■ **What you have to do**
Copy word for word the lines from the start of the records through the line that contains "use fy_locality::ProcId;", both included.

(Saved data entries)
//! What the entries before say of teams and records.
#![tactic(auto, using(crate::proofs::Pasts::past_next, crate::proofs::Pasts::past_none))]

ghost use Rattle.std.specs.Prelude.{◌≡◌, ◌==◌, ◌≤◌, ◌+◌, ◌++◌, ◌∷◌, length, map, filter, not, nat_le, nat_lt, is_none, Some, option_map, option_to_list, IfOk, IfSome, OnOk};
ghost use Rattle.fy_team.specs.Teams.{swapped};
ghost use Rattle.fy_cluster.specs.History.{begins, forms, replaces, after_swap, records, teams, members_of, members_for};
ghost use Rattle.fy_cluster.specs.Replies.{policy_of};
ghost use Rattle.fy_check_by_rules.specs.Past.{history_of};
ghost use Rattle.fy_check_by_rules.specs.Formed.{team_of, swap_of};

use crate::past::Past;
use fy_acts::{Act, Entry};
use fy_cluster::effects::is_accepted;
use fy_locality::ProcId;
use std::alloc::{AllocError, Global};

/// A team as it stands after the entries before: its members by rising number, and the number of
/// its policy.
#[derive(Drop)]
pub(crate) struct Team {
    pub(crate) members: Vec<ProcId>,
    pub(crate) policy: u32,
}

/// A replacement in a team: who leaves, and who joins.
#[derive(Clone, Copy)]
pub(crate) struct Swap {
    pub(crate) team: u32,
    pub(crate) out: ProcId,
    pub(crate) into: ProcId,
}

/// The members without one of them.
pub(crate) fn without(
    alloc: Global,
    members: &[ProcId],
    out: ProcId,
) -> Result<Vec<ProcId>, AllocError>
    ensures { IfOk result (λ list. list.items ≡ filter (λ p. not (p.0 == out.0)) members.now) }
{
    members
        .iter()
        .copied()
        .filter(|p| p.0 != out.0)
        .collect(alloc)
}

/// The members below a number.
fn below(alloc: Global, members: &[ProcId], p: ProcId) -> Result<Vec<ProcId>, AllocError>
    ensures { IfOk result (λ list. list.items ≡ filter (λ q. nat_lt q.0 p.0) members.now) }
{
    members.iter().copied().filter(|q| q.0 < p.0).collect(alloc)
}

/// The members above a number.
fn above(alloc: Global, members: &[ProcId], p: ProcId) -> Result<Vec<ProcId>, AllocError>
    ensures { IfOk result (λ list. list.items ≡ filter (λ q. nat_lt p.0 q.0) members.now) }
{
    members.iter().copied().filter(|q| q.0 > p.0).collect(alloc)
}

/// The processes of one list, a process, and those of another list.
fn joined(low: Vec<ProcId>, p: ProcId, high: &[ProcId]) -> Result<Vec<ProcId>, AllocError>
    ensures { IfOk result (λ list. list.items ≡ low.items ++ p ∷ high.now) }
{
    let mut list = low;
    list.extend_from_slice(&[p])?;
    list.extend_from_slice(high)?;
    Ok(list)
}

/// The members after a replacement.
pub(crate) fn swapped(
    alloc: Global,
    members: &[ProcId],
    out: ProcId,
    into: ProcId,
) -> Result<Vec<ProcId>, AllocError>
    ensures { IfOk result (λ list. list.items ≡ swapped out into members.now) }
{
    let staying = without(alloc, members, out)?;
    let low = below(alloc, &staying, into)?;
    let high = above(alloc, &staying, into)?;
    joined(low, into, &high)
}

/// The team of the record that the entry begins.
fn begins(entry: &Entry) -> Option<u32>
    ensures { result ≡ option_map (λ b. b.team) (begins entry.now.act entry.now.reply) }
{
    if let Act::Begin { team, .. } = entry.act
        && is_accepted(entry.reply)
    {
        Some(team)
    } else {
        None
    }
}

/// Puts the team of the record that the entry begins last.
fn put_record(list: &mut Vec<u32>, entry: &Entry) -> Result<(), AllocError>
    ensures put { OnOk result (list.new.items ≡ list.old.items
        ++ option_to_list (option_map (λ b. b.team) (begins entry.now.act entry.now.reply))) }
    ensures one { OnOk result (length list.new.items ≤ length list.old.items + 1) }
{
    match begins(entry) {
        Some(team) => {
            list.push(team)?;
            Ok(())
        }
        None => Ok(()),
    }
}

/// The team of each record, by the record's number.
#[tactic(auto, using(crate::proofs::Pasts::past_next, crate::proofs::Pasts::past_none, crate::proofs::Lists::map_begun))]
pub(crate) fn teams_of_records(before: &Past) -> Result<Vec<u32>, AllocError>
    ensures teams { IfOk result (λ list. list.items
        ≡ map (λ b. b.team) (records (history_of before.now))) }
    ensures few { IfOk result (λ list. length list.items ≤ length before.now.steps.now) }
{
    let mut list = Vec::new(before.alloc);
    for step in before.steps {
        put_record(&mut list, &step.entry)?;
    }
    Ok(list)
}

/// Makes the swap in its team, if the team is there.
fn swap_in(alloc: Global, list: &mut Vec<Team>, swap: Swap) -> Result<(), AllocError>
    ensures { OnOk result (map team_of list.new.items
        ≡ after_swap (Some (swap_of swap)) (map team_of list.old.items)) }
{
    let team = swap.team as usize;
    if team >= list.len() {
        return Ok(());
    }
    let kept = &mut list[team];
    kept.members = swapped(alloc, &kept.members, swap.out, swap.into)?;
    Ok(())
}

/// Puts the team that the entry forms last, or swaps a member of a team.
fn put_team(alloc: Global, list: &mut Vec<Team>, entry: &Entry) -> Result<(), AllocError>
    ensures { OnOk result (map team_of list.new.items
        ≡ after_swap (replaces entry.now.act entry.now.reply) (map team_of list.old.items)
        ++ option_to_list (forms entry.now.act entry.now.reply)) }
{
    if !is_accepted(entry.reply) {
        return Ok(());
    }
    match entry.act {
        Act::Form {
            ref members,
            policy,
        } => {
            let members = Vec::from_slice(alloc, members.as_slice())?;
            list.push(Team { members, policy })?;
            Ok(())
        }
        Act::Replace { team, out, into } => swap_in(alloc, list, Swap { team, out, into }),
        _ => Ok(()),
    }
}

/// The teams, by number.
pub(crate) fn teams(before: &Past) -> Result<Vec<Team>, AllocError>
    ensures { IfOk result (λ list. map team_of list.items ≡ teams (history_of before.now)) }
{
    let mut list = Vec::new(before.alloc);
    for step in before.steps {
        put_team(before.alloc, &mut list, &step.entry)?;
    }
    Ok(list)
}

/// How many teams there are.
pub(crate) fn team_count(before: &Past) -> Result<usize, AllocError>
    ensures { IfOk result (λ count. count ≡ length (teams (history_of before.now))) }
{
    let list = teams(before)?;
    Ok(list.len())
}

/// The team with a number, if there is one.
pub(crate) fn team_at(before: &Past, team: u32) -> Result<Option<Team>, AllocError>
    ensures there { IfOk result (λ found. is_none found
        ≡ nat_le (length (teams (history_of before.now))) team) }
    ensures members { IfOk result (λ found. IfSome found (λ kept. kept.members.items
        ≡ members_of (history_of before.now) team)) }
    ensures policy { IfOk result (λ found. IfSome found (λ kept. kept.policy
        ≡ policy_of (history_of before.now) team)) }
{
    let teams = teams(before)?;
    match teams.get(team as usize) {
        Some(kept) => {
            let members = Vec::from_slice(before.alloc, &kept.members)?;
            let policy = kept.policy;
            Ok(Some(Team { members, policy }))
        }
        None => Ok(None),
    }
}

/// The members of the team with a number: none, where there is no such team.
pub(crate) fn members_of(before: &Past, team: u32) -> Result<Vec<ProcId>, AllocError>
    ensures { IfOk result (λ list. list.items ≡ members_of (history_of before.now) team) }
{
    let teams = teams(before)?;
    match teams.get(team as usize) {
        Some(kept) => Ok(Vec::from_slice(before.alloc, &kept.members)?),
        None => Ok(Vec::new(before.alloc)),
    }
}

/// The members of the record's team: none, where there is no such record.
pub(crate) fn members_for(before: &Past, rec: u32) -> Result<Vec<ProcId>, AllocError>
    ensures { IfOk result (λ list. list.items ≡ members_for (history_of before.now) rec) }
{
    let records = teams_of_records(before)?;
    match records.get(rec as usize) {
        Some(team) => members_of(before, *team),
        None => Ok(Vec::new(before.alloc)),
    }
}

■ **Task solution**
//! What the entries before say of teams and records.
#![tactic(auto, using(crate::proofs::Pasts::past_next, crate::proofs::Pasts::past_none))]

ghost use Rattle.std.specs.Prelude.{◌≡◌, ◌==◌, ◌≤◌, ◌+◌, ◌++◌, ◌∷◌, length, map, filter, not, nat_le, nat_lt, is_none, Some, option_map, option_to_list, IfOk, IfSome, OnOk};
ghost use Rattle.fy_team.specs.Teams.{swapped};
ghost use Rattle.fy_cluster.specs.History.{begins, forms, replaces, after_swap, records, teams, members_of, members_for};
ghost use Rattle.fy_cluster.specs.Replies.{policy_of};
ghost use Rattle.fy_check_by_rules.specs.Past.{history_of};
ghost use Rattle.fy_check_by_rules.specs.Formed.{team_of, swap_of};

use crate::past::Past;
use fy_acts::{Act, Entry};
use fy_cluster::effects::is_accepted;
use fy_locality::ProcId;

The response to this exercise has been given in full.